Генерал ничего не ответил. Он счел за лучшее вздохнуть, и что-то похожее на тихий стон вырвалось из забинтованной генеральской груди. Уважаемый господин гаулейтер не понимает, конечно, смысла этих слов, пронизанных изрядной дозой иронии и даже явного пренебрежения. Чтобы, однако, отбить охоту у высокопоставленного японца так пренебрежительно относиться к немецкому генералу и вместе с тем несколько возвысить себя в глазах уважаемого господина гаулейтера, генерал заговорил взволнованно, с пафосом:
— Мы клянемся вам, господин гаулейтер, что мы расплатимся как следует с фанатиками! Мы каленым железом выжжем все очаги этой опасной заразы! Мы, эсэсовцы…
— Не волнуйтесь, господин генерал! Я верю вам, вам верит фюрер!
— Хайль! — с немного деланным пафосом воскликнул генерал. Он хотел было отсалютовать, но только застонал от жгучей боли в перебитых руках.
Японец прятал в прищуренных глазах хитроватую улыбку. Господин гаулейтер позвал врачей и, дав им надлежащие указания, распрощался с почтенными гостями.
Пущенный с горы снежный ком катится все с большей стремительностью и, обрастая снегом, превращается в грозную лавину, которая сметает все на своем пути, пробуждая громовыми раскатами долины и взгорья.
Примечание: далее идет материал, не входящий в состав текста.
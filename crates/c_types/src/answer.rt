// What a call answers.
ghost use Rattle.std.specs.Prelude.{◌≡◌};
ghost use Rattle.c_types.specs.Answers.{answer_to_c, with_index};

use refusal::Refusal;

// A refusal's number, 0 where nothing is refused, and its index: `indexed` is 1 where the table of refusals names one.
#[repr(C)]
#[derive(Clone, Copy)]
pub struct LegendAnswer {
    pub number: u32,
    pub indexed: u32,
    pub index: usize,
}

// An answer as C reads it: a Result does not pass to C.
pub fn to_c(a: Result<(), Refusal>) -> LegendAnswer
    ensures { result ≡ answer_to_c a }
{
    let number = refusal::answer_number(a);
    with_index(number, refusal::answer_index(a))
}

fn with_index(number: u32, i: Option<usize>) -> LegendAnswer
    ensures { result ≡ with_index number i }
{
    LegendAnswer {
        number,
        indexed: i.is_some() as u32,
        index: i.unwrap_or(0),
    }
}
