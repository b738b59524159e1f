// What a text gives.

use crate::text::{filled, shown};
use ld_io::{ListSink, Sink};
use nquads_text::{LinesStop, read_lines, write_quads};
use rdf_terms::Quad;
use std::alloc::{AllocError, Global};

/// How many bytes the sink takes at once where a call of it fails.
const FEW: u32 = 7;

/// How many bytes the sink takes at once else.
const STEP: u32 = 65_536;

/// Why there are no quads.
pub(crate) fn stop_text(alloc: Global, stop: LinesStop) -> Result<String, AllocError> {
    match stop {
        LinesStop::Bad(e) => {
            let line = e.line;
            let column = e.column;
            format!(in alloc; "{line}:{column}")
        }
        LinesStop::OutOfMemory => format!(in alloc; "out of memory"),
    }
}

/// What is written of the quads, into a sink that has room for that many bytes.
fn written(
    alloc: Global,
    quads: &[Quad],
    step: u32,
    failing: Vec<u64>,
    room: u64,
) -> Result<Vec<u8>, AllocError> {
    let mut sink = ListSink::new(alloc, step.max(1), failing, room)?;
    let ended = write_quads(quads, &mut sink);
    let mut bytes = Vec::new(alloc);
    bytes.extend_from_slice(sink.bytes())?;
    if ended.is_err() {
        bytes.extend_from_slice(b" (write fault)")?;
    }
    Ok(bytes)
}

/// As many bytes as quads that were read from so many can be written in.
fn room(len: usize) -> u64 {
    (len as u64).saturating_mul(8).saturating_add(1024)
}

/// The quads of a text.
pub(crate) fn read(alloc: Global, text: &[u8]) -> Result<String, AllocError> {
    read_from(alloc, text, 1)
}

/// The same of a text whose first line has this number.
pub(crate) fn read_from(alloc: Global, text: &[u8], first: u32) -> Result<String, AllocError> {
    match read_lines(alloc, text, first as u64) {
        Ok(quads) => {
            let bytes = written(
                alloc,
                quads.as_slice(),
                STEP,
                Vec::new(alloc),
                room(text.len()),
            )?;
            shown(alloc, bytes.as_slice())
        }
        Err(stop) => stop_text(alloc, stop),
    }
}

/// What a sink holds that fails at the call of that number.
pub(crate) fn faulted(alloc: Global, text: &[u8], call: u32) -> Result<String, AllocError> {
    match read_lines(alloc, text, 1) {
        Ok(quads) => {
            let mut failing = Vec::new(alloc);
            failing.push(call as u64)?;
            let bytes = written(alloc, quads.as_slice(), FEW, failing, room(text.len()))?;
            shown(alloc, bytes.as_slice())
        }
        Err(stop) => stop_text(alloc, stop),
    }
}

/// The number of quads, and whether they are written as they stood.
fn counted(alloc: Global, text: &[u8]) -> Result<String, AllocError> {
    match read_lines(alloc, text, 1) {
        Ok(quads) => {
            let count = quads.len();
            let bytes = written(
                alloc,
                quads.as_slice(),
                STEP,
                Vec::new(alloc),
                room(text.len()),
            )?;
            let same = bytes.as_slice() == text;
            format!(in alloc; "{count} quads, written as they stood: {same}")
        }
        Err(stop) => stop_text(alloc, stop),
    }
}

/// The same of the text with so many letters for `@@`.
pub(crate) fn long(alloc: Global, text: &[u8], count: u32) -> Result<String, AllocError> {
    let letters = vec![in alloc; b'a'; count as usize]?;
    let all = filled(alloc, text, letters.as_slice())?;
    counted(alloc, all.as_slice())
}

/// The same of so many times the text.
pub(crate) fn many(alloc: Global, text: &[u8], count: u32) -> Result<String, AllocError> {
    let mut all = Vec::new(alloc);
    for _ in 0..count {
        all.extend_from_slice(text)?;
    }
    counted(alloc, all.as_slice())
}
Так вырастал в грозную силу начатый Василием Ивановичем зимний рейд его отрядов. Вылазку на аэродром под Минском он назвал репетицией. Она прошла удачно. Обгоняя отряды, носились по районам слухи, самые необыкновенные, сказочные. В деревнях говорили, что под Минском высадился авиадесант Красной Армии и теперь бьет, крушит фашистов в близлежащих районах. Были и другие слухи: будто бы несколько тысяч красноармейцев прорвали вражеский фронт, проникли в Белоруссию и наводят панику на немецкие тылы. Эти несколько тысяч перерастали в десятки и сотни тысяч.
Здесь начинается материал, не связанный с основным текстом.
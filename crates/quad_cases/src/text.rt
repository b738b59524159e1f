// Bytes in lines of text.

use std::alloc::{AllocError, Global};

/// The bytes of a text in which `%` and two hexadecimal digits stand for one.
pub(crate) fn plain(alloc: Global, text: &str) -> Result<Vec<u8>, AllocError> {
    let bytes = text.as_bytes();
    let mut found = Vec::new(alloc);
    let mut skip = 0u8;
    for (at, byte) in bytes.iter().enumerate() {
        if skip > 0 {
            skip -= 1;
            continue;
        }
        let escape = escaped(*byte, bytes.get(at + 1..).unwrap_or(&[]));
        if escape.is_some() {
            skip = 2;
        }
        found.push(escape.unwrap_or(*byte))?;
    }
    Ok(found)
}

/// The byte of an escape.
fn escaped(first: u8, behind: &[u8]) -> Option<u8> {
    if first != b'%' {
        return None;
    }
    let high = (*behind.get(0)? as char).to_digit(16)?;
    let low = (*behind.get(1)? as char).to_digit(16)?;
    Some((16 * high + low) as u8)
}

/// The bytes as such a text, a line feed as a bar with spaces round it.
pub(crate) fn shown(alloc: Global, bytes: &[u8]) -> Result<String, AllocError> {
    let mut text = String::new(alloc);
    for byte in bytes {
        match *byte {
            b'\n' => text.push_str(" | ")?,
            b'%' | 0..=31 | 127..=255 => {
                let escape = format!(in alloc; "%{byte:02X}")?;
                text.push_str(escape.as_str())?;
            }
            _ => text.push(*byte as char)?,
        }
    }
    Ok(text)
}

/// The text with these bytes for its first `@@`.
pub(crate) fn filled(alloc: Global, text: &[u8], with: &[u8]) -> Result<Vec<u8>, AllocError> {
    let at = place_of(text);
    let mut found = Vec::new(alloc);
    found.extend_from_slice(text.get(..at).unwrap_or(text))?;
    found.extend_from_slice(with)?;
    found.extend_from_slice(text.get(at.saturating_add(2)..).unwrap_or(&[]))?;
    Ok(found)
}

fn place_of(text: &[u8]) -> usize {
    for (at, pair) in text.windows(2).enumerate() {
        if pair == b"@@".as_slice() {
            return at;
        }
    }
    text.len()
}
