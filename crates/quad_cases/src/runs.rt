// Many texts that differ in one place, and what each gives.

use crate::answer::stop_text;
use crate::text::filled;
use nquads_text::read_lines;
use std::alloc::{AllocError, Global};

/// Answers in a row, each with the numbers that gave it.
#[derive(Drop)]
struct Runs {
    shown: String,
    answer: String,
    first: u64,
    last: u64,
}

impl Runs {
    fn new(alloc: Global) -> Runs {
        Runs {
            shown: String::new(alloc),
            answer: String::new(alloc),
            first: 0,
            last: 0,
        }
    }

    /// Puts an answer behind the others.
    fn add(&mut self, alloc: Global, number: u64, answer: String) -> Result<(), AllocError> {
        if self.answer.as_str() != answer.as_str() {
            self.end(alloc)?;
            self.answer = answer;
            self.first = number;
        }
        self.last = number;
        Ok(())
    }

    fn end(&mut self, alloc: Global) -> Result<(), AllocError> {
        if self.answer.is_empty() {
            return Ok(());
        }
        if !self.shown.is_empty() {
            self.shown.push_str(", ")?;
        }
        let first = self.first;
        let last = self.last;
        let range = if first == last {
            format!(in alloc; "{first:X} ")?
        } else {
            format!(in alloc; "{first:X}-{last:X} ")?
        };
        self.shown.push_str(range.as_str())?;
        self.shown.push_str(self.answer.as_str())
    }
}

/// How many quads a text has, or the place of the bad line.
fn answer(alloc: Global, text: &[u8]) -> Result<String, AllocError> {
    match read_lines(alloc, text, 1) {
        Ok(quads) => {
            let count = quads.len();
            format!(in alloc; "ok{count}")
        }
        Err(stop) => stop_text(alloc, stop),
    }
}

/// Every front of a text, by its length.
pub(crate) fn cut(alloc: Global, text: &[u8]) -> Result<String, AllocError> {
    let mut runs = Runs::new(alloc);
    for len in 0..text.len() {
        let given = answer(alloc, &text[..len])?;
        runs.add(alloc, len as u64, given)?;
    }
    let whole = answer(alloc, text)?;
    runs.add(alloc, text.len() as u64, whole)?;
    runs.end(alloc)?;
    Ok(runs.shown)
}

/// The text with each byte.
pub(crate) fn bytes(alloc: Global, text: &[u8]) -> Result<String, AllocError> {
    let mut runs = Runs::new(alloc);
    for byte in 0..=255u8 {
        let all = filled(alloc, text, &[byte])?;
        let given = answer(alloc, all.as_slice())?;
        runs.add(alloc, byte as u64, given)?;
    }
    runs.end(alloc)?;
    Ok(runs.shown)
}

/// Whether a character is tried: each of the first plane, and those at the ends of the others.
fn is_tried(code: u32) -> bool {
    code < 0x1_0000 || code % 0x1_0000 < 2 || code % 0x1_0000 > 0xFFFD
}

/// The text with each character of the first plane, and with the first and last two of every other.
pub(crate) fn chars(alloc: Global, text: &[u8]) -> Result<String, AllocError> {
    let mut runs = Runs::new(alloc);
    for code in 0..0x11_0000u32 {
        if let Some(character) = char::from_u32(code).filter(|_| is_tried(code)) {
            let mut room = [0u8; 4];
            let with = character.encode_utf8(&mut room);
            let all = filled(alloc, text, with.as_bytes())?;
            let given = answer(alloc, all.as_slice())?;
            runs.add(alloc, code as u64, given)?;
        }
    }
    runs.end(alloc)?;
    Ok(runs.shown)
}
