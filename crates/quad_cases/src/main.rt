//! Answers cases of N-Quads, which it reads from standard input, a line each: a word, and a text.
//!
//! In a text `%` and two hexadecimal digits stand for a byte, and `@@` for what is put there.
//!
//! | Word | What it does | What it writes |
//! |---|---|---|
//! | `read` | reads the text and writes its quads | the quads, or the place of the bad line |
//! | `from NUMBER` | the same, of a text whose first line has that number | the same |
//! | `fault COUNT` | the same, into a sink that takes 7 bytes at once and fails at its call of that number, from 0 | what the sink holds |
//! | `cut` | reads every front of the text | the answers, each with the lengths that give it |
//! | `bytes` | reads the text with each byte for `@@` | the answers, each with its bytes |
//! | `chars` | reads the text with characters of every plane for `@@` | the answers, each with its characters |
//! | `long COUNT` | reads the text with that many letters for `@@` | how many quads there are, and whether they are written as they stood |
//! | `many COUNT` | reads the text that many times | the same |
//!
//! A line that begins with `#` says what the cases behind it show, and is written as it is. An empty line is passed over.
#![tactic(auto)]

mod answer;
mod runs;
mod text;

use answer::{faulted, long, many, read, read_from};
use runs::{bytes, chars, cut};
use std::alloc::{AllocError, Global};
use std::io;
use text::plain;

fn main(rt: HostRuntime) -> io::Result<()> {
    for line in rt.lines(rt.alloc()) {
        answer_line(&rt, line?.as_str())?;
    }
    Ok(())
}

/// Writes what a line of the input gives.
fn answer_line(rt: &HostRuntime, line: &str) -> io::Result<()> {
    if line.is_empty() {
        return Ok(());
    }
    if line.starts_with('#') {
        return println!(rt; "{line}");
    }
    let answer = answer_of(rt.alloc(), line)?;
    println!(rt; "{line}\n  -> {answer}")
}

fn answer_of(alloc: Global, line: &str) -> Result<String, AllocError> {
    let (word, rest) = line.split_once(' ').unwrap_or((line, ""));
    match word {
        "fault" | "from" | "long" | "many" => counted(alloc, word, rest),
        _ => {
            let text = plain(alloc, rest)?;
            match word {
                "cut" => cut(alloc, text.as_slice()),
                "bytes" => bytes(alloc, text.as_slice()),
                "chars" => chars(alloc, text.as_slice()),
                _ => read(alloc, text.as_slice()),
            }
        }
    }
}

fn counted(alloc: Global, word: &str, rest: &str) -> Result<String, AllocError> {
    let (number, rest) = rest.split_once(' ').unwrap_or((rest, ""));
    let count = number.parse::<u32>().unwrap_or(0);
    let text = plain(alloc, rest)?;
    match word {
        "fault" => faulted(alloc, text.as_slice(), count),
        "from" => read_from(alloc, text.as_slice(), count),
        "long" => long(alloc, text.as_slice(), count),
        _ => many(alloc, text.as_slice(), count),
    }
}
Отряды Василия Ивановича ехали днем по проторенным дорогам, не очень таясь от гитлеровцев. Несколько полицейских гарнизонов разбежались от страха кто куда. Немецкие гарнизоны снимались с насиженных мест и стремглав пускались наутек. Но не всегда могли они верно рассчитать направление рейда. И на полях, на глухих лесных дорогах все чаще и чаще слышались отчаянные и безнадежные крики:
— Гитлер капут! Гитлер капут!
Страх перед партизанами подогревали и неутешительные вести с фронта. Пирл Харбор сначала вскружил некоторые горячие головы. Москва их остудила.
Кубе умолял по телефону фюрера о присылке срочной помощи.